M. le président. La parole est à M. le rapporteur pour avis.
M. Laurent Somon, rapporteur pour avis. Monsieur Blanc, les auteurs de ce texte n'ont pas choisi d'imposer à toutes les collectivités d'instaurer la taxe Gemapi au taux plafond, précisément pour leur laisser de la liberté – comme cela a été dit, il s'agit d'un texte de liberté.
Je vous renvoie au principe de libre administration des communes. La Gemapi est une compétence obligatoire, qui repose sur une taxe affectée facultative. Notre volonté n'était pas d'imposer le prélèvement de cette taxe aux collectivités. Il appartient à celles-ci de choisir, en toute liberté, de lever cette taxe et d'en fixer le taux.

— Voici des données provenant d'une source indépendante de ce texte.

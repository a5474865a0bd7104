// The width table of a PK file, written into the output area.
ghost use Rattle.std.specs.Prelude.{◌≡◌, cond, ◌++◌, ◌+◌, ◌≤◌, ◌<◌, ltb, length, take, drop};
ghost use Rattle.refusals.specs.Answer.{answered};
ghost use Rattle.numbers.specs.Bytes.{unsigned_at};
ghost use Rattle.widths.specs.Table.{width_record_size};
ghost use Rattle.widths.specs.Entries.{entry_bytes};
ghost use Rattle.packed.specs.Table.{checksum_in, table_made, records_made, table_area};
ghost use Rattle.packed.specs.Steps.{entry_from, entry_at, Puttable, Writable, WrittenBy};

use crate::{Packet, judging, packets};
use refusals::{Reason, Refusal};
use widths::table;

// The bytes of a width record for any name: where the name stands, the zeros stay.
fn entry_bytes(checksum: u32, scale: u32, packet: Packet) -> [u8; table::RECORD_SIZE]
    ensures { result ≡ entry_bytes (entry_from checksum scale packet) }
{
    let escapement = numbers::to_twos(65536, i64::from(packet.escapement)) as u16;
    let mut bytes = [0; table::RECORD_SIZE];
    areas::paste(&mut bytes, 0, &checksum.to_be_bytes());
    areas::paste(&mut bytes, table::SCALE_AT, &scale.to_be_bytes());
    bytes[table::CODE_AT] = (packet.code % 256) as u8;
    areas::paste(&mut bytes, table::ESCAPEMENT_AT, &escapement.to_be_bytes());
    areas::paste(&mut bytes, table::WIDTH_AT, &packet.width.to_be_bytes());
    bytes
}

// The check sum of a font; its preamble starts the file and is all there.
#[tactic(auto, using(numbers::proofs::Bytes::unsigned_one))]
fn checksum_of(pk: &[u8]) -> u32
    requires { 19 + unsigned_at pk.now 2 1 ≤ length pk.now }
    ensures { result ≡ checksum_in (drop 1 pk.now) }
{
    let comment = usize::from(pk[2]);
    numbers::unsigned_at(pk, 7 + comment, 4) as u32
}

// The record of the packet at a place, put into the area: where it ends there. At place 0 there is no packet, and nothing is put.
fn put_record(
    pk: &[u8],
    at: usize,
    checksum: u32,
    scale: u32,
    out: &mut [u8],
    written: usize,
) -> usize
    requires { 0 < at → Puttable pk.now at written (length out.old) }
    ensures value { result ≡ cond (ltb 0 at) (written + width_record_size) written }
    ensures out_after { out.new ≡ cond (ltb 0 at) (take written out.old ++ entry_bytes (entry_at checksum scale pk.now at) ++ drop (written + width_record_size) out.old) out.old }
{
    if at == 0 {
        return written;
    }
    let packet = packets::packet_at(pk, at + 1, u64::from(pk[at]));
    areas::paste(out, written, &entry_bytes(checksum, scale, packet));
    written + table::RECORD_SIZE
}

// The records of the packets that are noted, in the order of their codes.
fn write_records(pk: &[u8], scale: u32, places: &[usize; 256], out: &mut [u8])
    requires { Writable pk.now scale places.now (length out.old) }
    ensures { WrittenBy pk.now scale out.old out.new }
{
    let checksum = checksum_of(pk);
    let mut written = 0;
    for at in places {
        written = put_record(pk, *at, checksum, scale, out, written);
    }
}

// The width table of a PK file at a scale, written into the output area: how many records, or refusal 22, 18 to 21, or 17. A refusal leaves every byte of the area.
pub fn width_table(pk: &[u8], scale: u64, out: &mut [u8]) -> Result<usize, Refusal>
    ensures result_value { answered result ≡ records_made (table_made pk.now scale (length out.old)) }
    ensures out_after { out.new ≡ table_area out.old (table_made pk.now scale (length out.old)) }
{
    if !numbers::lawful_size(scale) {
        return Err(Refusal {
            reason: Reason::WrongScale,
            place: 0,
        });
    }
    let note = judging::scan(pk)?;
    if out.len() / table::RECORD_SIZE < note.packets {
        return Err(Refusal {
            reason: Reason::AreaTooShort,
            place: 0,
        });
    }
    write_records(pk, scale as u32, &note.places, out);
    Ok(note.packets)
}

Je suis tout à fait d'accord avec vous, du reste, sur le fait que l'inégalité entre les capacités financières des territoires, selon qu'ils lèvent ou non cette taxe, et à quel taux, a trait à un problème de financement et de péréquation.
Pour autant, nous n'avons pas souhaité instaurer de mécanisme de péréquation horizontale. J'ai assisté à une telle tentative à l'Assemblée des départements de France (ADF) : je vous laisse le soin d'essayer d'appliquer une péréquation horizontale sur la Gemapi – bon courage !
M. le président. Monsieur Blanc, l'amendement n° 2 est-il maintenu ?
M. Grégory Blanc. Oui, il est maintenu.
M. le président. Avant de mettre aux voix l'ensemble de la proposition de loi, je donne la parole à M. Hervé Gillé, pour explication de vote.
M. Hervé Gillé. La commission des lois et la commission des finances ont été saisies, respectivement au fond et pour avis, sur ce texte ; à titre personnel, j'aurais aimé que la commission de l'aménagement du territoire et du développement durable soit au moins consultée pour avis sur les questions de gestion des milieux aquatiques et de prévention des inondations.
Voilà qui aurait été plutôt pertinent dans la mesure où nous travaillons précisément, au sein de notre commission, sur la gestion du risque, notamment avec Pascal Martin et Jean-Yves Roux. Il est dommage que ce texte relatif à la Gemapi ne soit pas empreint de cette transversalité. Je vous redonne donc rendez-vous pour aborder ce sujet à l'avenir.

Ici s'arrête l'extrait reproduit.